_Collected data_
'''
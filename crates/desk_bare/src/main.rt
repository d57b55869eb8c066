// The desk program on sheet A and nothing more: the sheet's line, and no other. The sheet stands in host/questions/a.txt.
#![tactic(auto)]

use std::io;

fn main(rt: HostRuntime) -> io::Result<()> {
    marking::desk::run(&rt)
}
'''
_How to complete this task_
The entries above, copied exactly, form the whole answer.

_Answer_
filename crates/desk_bare/src/main.rt
repository d57b55869eb8c066
// The desk program on sheet A and nothing more: the sheet's line, and no other. The sheet stands in host/questions/a.txt.
#![tactic(auto)]

use std::io;

fn main(rt: HostRuntime) -> io::Result<()> {
    marking::desk::run(&rt)
}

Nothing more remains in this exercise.